-- Available data follows --

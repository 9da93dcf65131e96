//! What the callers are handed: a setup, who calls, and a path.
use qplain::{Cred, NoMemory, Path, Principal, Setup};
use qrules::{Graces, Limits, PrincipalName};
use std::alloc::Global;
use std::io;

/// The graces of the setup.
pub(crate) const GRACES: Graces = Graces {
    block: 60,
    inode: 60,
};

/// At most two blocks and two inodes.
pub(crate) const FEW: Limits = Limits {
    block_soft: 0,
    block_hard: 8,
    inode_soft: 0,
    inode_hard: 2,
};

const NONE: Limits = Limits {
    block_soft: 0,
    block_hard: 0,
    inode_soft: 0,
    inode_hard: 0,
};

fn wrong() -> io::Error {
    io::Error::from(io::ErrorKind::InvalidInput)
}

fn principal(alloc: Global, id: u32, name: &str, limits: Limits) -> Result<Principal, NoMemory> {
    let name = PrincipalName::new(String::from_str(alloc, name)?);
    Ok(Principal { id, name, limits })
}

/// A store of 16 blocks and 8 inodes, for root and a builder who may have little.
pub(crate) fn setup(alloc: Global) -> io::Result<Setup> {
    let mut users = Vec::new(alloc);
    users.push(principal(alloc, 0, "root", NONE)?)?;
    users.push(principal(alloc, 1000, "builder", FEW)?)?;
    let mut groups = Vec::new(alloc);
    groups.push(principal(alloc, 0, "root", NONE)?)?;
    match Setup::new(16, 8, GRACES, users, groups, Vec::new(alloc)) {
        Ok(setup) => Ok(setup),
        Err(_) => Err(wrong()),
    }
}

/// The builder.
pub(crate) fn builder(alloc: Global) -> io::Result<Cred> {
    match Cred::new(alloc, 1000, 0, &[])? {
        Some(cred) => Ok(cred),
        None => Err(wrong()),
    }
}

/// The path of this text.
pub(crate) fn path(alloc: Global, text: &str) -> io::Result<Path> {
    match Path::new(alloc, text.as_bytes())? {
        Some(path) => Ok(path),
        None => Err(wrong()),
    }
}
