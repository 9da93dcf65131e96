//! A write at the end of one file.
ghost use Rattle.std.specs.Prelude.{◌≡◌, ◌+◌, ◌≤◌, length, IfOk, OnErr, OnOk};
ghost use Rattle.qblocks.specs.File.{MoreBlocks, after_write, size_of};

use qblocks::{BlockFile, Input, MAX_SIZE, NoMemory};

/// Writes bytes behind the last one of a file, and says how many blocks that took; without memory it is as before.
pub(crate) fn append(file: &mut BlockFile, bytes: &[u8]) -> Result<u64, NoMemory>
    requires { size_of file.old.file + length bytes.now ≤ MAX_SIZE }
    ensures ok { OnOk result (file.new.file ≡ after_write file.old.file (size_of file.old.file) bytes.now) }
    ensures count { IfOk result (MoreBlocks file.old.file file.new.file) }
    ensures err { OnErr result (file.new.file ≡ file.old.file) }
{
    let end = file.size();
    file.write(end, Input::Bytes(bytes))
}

-- Available data concluded --

* **Problem details**
When the word "inodes" shows up in a line of the material, count that line; report only the final number.

* **Exercise output**
2